**GOAL OF THE EXERCISE**: Pull every line from the records that has the word "IsOpenRound" in it.

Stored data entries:
____________________
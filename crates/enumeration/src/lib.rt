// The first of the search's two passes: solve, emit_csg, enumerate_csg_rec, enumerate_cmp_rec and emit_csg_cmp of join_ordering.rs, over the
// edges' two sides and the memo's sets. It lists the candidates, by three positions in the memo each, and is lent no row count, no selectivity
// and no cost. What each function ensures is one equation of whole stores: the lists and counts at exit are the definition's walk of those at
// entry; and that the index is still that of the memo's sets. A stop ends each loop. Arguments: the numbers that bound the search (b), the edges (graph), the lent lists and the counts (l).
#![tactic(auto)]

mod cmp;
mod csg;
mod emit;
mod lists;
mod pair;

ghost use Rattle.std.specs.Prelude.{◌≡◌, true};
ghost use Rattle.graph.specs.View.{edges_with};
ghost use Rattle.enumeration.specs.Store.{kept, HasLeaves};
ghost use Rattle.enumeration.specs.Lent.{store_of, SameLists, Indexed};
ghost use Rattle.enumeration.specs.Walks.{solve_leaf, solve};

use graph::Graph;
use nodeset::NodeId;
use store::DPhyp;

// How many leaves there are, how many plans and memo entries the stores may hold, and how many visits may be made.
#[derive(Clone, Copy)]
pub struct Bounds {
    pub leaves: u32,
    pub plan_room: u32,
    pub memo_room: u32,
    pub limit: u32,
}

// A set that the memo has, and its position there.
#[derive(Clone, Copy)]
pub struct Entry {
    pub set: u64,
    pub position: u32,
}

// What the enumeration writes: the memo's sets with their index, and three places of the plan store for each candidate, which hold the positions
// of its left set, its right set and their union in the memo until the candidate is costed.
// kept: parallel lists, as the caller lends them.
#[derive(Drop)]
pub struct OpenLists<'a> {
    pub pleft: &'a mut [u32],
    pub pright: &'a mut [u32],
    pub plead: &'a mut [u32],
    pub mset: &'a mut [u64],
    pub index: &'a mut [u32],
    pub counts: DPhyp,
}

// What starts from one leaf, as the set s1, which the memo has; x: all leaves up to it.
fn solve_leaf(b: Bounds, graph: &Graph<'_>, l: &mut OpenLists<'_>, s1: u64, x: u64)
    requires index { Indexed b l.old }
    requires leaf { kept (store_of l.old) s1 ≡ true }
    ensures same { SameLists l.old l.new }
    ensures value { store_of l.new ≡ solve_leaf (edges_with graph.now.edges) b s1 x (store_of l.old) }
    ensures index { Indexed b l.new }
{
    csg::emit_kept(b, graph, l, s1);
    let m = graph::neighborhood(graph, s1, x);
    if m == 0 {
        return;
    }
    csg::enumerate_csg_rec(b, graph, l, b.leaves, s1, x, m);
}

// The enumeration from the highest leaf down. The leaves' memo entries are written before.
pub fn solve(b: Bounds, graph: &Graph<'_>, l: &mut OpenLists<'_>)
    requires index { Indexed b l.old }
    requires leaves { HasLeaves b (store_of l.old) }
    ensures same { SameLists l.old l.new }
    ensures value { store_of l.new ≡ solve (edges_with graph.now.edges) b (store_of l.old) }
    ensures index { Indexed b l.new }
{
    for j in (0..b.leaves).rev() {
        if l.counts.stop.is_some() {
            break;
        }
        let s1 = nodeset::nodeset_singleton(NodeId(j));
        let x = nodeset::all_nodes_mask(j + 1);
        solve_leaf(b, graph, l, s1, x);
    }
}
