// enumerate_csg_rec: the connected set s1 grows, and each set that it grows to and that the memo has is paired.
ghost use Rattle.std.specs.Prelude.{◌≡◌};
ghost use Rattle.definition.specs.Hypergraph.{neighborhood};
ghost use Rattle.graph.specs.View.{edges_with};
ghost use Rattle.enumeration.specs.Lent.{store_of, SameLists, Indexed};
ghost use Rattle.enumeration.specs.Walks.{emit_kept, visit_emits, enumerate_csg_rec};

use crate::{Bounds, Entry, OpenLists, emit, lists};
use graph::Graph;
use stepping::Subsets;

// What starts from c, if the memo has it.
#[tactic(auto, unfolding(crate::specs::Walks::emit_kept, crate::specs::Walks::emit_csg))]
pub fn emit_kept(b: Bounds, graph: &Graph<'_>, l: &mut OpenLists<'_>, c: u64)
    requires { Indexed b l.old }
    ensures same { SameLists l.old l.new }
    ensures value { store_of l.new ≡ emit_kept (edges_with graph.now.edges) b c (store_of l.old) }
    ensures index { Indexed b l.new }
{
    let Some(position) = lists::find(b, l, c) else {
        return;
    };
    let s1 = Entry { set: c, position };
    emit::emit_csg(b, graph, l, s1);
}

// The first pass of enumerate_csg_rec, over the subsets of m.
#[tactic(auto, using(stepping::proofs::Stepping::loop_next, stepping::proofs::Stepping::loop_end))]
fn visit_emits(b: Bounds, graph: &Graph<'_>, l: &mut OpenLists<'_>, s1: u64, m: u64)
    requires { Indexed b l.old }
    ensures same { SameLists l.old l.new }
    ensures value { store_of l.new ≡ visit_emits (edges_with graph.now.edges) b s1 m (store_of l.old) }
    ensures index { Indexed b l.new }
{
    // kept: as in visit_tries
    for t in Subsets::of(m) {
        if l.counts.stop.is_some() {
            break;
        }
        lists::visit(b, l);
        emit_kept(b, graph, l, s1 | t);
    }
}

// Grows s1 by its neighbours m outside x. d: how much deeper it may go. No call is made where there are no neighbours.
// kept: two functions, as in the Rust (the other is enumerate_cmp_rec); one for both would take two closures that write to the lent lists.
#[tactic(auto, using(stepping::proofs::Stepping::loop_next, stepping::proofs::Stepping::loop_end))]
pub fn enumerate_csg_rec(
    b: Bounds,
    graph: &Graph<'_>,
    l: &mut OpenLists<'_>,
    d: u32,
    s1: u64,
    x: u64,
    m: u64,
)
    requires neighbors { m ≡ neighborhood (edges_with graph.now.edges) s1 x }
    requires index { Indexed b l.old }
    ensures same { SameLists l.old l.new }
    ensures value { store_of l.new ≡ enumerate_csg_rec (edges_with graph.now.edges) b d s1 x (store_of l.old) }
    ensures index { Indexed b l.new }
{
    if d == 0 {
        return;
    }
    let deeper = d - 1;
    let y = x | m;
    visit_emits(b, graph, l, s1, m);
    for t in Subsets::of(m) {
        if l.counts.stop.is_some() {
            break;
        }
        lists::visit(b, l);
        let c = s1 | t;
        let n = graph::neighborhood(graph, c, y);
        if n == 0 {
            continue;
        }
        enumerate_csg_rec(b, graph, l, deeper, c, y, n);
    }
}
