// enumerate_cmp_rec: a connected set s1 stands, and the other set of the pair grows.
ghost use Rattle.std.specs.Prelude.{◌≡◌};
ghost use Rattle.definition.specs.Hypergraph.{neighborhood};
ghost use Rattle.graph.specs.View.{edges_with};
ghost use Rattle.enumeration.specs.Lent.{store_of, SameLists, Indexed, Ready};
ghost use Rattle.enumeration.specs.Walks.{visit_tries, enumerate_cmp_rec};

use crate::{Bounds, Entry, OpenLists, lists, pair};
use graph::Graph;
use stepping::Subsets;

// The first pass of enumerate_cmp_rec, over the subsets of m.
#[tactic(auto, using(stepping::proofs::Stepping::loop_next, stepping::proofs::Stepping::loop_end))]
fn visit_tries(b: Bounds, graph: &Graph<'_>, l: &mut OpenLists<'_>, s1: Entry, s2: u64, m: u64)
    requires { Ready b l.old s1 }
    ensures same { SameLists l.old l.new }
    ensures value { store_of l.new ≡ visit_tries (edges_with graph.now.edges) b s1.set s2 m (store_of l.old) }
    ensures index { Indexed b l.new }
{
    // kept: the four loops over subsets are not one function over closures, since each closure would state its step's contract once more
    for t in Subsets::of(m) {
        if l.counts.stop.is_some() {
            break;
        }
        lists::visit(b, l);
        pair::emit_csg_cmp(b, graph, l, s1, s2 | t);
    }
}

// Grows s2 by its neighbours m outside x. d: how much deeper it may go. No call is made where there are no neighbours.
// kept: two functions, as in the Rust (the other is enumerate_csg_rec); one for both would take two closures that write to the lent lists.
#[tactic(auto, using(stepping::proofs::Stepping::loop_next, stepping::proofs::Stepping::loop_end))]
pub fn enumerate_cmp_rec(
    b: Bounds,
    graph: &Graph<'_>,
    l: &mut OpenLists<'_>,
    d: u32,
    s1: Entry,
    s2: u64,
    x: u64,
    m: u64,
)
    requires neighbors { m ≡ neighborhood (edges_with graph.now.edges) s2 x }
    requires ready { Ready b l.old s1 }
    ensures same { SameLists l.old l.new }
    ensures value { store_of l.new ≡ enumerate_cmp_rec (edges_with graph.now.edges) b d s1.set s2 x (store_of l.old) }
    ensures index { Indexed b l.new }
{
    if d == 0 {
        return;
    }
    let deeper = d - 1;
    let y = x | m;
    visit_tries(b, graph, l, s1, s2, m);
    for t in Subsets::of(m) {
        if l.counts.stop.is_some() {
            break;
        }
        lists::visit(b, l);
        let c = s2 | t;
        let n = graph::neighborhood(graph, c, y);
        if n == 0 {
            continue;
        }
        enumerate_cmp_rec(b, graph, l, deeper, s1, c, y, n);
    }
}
____________________
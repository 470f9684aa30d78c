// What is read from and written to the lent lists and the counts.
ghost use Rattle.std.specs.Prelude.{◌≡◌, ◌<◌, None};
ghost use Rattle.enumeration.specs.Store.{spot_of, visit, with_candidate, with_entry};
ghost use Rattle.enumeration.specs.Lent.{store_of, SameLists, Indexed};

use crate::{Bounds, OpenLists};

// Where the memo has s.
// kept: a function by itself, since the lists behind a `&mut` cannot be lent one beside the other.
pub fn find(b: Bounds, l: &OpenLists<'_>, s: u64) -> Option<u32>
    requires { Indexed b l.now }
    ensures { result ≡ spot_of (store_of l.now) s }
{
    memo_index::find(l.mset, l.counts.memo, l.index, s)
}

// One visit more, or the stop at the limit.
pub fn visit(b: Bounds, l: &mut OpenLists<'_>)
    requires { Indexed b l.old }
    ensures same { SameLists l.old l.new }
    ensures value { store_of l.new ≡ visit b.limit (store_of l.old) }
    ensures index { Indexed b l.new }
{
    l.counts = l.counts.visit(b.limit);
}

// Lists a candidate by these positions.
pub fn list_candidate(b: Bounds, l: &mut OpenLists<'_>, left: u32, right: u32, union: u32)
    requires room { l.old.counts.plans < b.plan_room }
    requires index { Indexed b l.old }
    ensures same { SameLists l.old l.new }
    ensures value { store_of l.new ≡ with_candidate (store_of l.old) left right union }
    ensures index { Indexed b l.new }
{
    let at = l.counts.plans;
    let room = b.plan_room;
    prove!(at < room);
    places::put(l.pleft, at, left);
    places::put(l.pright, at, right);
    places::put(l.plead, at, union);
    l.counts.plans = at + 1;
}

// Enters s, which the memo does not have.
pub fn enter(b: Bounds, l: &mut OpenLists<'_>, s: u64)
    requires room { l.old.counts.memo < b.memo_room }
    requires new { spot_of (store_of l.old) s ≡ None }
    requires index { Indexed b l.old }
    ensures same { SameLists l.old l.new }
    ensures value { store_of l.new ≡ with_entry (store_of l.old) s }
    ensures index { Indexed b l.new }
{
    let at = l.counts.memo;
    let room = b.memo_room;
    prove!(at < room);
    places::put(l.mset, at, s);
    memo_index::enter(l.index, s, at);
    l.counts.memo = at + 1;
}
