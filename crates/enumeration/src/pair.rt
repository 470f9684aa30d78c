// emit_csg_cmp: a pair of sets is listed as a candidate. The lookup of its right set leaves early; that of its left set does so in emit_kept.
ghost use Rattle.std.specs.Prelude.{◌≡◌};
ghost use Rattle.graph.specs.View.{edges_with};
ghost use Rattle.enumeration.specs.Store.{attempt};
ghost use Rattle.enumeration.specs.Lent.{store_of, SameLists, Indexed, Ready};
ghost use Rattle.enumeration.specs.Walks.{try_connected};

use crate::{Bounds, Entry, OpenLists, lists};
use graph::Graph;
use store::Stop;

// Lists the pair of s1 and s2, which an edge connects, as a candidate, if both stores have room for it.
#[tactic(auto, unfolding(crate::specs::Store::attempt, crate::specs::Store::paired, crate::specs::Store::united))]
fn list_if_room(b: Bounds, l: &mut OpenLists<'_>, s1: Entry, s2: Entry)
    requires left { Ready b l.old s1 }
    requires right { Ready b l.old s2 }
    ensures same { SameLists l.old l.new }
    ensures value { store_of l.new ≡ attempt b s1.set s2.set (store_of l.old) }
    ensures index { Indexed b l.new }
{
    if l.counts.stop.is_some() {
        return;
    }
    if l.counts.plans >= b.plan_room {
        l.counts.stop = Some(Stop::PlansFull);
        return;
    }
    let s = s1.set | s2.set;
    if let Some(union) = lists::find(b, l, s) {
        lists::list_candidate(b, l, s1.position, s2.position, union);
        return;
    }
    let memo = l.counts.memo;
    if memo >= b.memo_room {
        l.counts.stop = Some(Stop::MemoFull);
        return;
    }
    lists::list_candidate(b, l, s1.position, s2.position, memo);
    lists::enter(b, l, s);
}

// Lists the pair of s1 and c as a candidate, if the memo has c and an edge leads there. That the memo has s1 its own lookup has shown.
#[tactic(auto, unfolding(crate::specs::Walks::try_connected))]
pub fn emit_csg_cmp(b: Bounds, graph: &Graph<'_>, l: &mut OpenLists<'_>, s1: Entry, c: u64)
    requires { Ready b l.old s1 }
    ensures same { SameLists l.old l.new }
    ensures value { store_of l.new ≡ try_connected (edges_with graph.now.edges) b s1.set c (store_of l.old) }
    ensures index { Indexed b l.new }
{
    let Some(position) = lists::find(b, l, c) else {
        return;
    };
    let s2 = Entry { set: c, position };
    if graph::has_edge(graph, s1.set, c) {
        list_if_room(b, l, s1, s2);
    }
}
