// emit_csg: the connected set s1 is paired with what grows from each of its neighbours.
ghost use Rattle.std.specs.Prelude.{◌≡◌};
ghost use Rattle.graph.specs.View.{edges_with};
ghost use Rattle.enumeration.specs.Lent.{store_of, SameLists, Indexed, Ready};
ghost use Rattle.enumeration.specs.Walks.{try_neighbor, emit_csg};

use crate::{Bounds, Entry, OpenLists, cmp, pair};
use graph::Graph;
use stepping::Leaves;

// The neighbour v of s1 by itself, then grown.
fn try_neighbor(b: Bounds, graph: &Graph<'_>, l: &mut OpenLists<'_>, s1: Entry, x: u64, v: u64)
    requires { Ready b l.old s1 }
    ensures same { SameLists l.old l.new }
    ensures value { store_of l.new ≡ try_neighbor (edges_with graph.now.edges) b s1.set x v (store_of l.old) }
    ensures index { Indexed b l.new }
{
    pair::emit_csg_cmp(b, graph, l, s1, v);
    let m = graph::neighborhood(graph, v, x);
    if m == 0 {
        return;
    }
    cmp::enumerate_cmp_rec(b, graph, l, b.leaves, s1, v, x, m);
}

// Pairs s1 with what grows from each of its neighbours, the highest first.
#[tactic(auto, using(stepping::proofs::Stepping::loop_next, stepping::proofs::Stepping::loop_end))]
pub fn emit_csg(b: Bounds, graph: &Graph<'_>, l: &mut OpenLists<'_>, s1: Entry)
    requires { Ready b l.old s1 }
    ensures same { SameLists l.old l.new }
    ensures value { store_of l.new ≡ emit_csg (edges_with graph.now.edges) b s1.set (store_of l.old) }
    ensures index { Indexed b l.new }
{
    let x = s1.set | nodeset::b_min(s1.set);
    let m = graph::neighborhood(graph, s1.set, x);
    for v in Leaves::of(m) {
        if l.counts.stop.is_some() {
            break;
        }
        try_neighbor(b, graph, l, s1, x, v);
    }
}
____________________
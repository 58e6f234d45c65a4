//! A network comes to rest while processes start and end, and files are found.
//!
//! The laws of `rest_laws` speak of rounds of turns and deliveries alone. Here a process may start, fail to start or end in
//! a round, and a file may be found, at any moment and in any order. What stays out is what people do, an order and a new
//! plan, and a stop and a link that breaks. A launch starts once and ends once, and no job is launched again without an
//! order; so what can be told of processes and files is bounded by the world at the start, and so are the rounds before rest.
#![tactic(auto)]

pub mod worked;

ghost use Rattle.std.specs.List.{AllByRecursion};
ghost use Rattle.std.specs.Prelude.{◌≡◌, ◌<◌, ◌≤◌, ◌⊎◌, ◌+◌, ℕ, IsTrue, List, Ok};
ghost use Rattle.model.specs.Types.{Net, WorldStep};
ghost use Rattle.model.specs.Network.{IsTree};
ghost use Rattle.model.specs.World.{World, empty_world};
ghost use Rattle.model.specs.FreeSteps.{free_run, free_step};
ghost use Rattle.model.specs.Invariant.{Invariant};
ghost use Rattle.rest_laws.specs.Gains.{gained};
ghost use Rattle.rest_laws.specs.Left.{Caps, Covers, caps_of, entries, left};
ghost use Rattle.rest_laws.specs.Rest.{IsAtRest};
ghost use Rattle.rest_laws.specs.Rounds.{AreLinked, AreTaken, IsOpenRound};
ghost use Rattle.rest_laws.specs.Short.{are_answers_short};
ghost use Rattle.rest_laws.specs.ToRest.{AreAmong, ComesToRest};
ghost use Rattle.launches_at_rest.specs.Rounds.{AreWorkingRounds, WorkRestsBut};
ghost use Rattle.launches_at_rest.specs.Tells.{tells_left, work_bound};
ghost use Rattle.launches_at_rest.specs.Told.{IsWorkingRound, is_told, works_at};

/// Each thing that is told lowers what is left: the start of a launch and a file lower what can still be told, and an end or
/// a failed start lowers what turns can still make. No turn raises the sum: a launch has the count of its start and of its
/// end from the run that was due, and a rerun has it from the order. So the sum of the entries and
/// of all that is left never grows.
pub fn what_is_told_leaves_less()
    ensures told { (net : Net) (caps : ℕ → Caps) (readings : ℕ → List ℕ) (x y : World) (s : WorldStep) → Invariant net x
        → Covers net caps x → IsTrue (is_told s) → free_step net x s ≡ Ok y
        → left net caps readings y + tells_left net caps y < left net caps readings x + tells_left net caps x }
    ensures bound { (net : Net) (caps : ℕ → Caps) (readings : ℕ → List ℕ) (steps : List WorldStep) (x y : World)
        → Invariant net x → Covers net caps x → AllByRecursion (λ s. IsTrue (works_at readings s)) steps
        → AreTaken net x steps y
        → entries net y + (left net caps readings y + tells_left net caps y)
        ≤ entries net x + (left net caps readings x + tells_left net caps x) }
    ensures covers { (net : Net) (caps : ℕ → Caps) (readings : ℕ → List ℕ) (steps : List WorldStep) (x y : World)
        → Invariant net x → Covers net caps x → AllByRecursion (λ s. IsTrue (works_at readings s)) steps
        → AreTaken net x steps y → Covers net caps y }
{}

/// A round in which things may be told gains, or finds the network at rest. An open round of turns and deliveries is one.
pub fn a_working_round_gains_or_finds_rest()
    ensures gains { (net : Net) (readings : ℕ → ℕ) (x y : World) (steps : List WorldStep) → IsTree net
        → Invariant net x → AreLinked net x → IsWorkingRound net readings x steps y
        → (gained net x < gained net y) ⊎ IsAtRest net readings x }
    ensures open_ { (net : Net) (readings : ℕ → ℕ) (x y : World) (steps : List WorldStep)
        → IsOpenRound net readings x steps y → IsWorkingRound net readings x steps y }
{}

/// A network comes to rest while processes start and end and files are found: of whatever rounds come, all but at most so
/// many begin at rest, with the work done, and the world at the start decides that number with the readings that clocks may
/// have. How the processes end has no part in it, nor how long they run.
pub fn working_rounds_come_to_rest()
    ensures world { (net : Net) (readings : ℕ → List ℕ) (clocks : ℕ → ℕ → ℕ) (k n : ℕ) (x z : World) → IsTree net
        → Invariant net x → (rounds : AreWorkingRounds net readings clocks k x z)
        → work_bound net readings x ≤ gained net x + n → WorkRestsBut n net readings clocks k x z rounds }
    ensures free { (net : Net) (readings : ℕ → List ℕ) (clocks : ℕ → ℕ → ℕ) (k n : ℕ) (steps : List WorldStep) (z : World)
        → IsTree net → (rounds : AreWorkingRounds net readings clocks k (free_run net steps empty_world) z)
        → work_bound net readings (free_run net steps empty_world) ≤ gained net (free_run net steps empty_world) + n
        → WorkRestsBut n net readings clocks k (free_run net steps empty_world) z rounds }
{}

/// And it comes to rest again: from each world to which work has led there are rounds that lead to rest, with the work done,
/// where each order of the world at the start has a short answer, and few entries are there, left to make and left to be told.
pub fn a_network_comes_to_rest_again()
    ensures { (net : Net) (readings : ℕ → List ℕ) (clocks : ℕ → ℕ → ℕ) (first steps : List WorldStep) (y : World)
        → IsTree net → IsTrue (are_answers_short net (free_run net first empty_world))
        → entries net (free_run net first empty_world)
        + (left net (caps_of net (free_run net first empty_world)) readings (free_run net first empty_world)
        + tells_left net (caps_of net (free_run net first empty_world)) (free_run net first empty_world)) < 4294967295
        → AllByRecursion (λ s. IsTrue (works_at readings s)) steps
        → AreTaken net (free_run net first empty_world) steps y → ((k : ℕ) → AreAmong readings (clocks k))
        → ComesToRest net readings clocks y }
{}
____________________
**REPLY**:
ghost use Rattle.rest_laws.specs.Rounds.{AreLinked, AreTaken, IsOpenRound};
        → IsOpenRound net readings x steps y → IsWorkingRound net readings x steps y }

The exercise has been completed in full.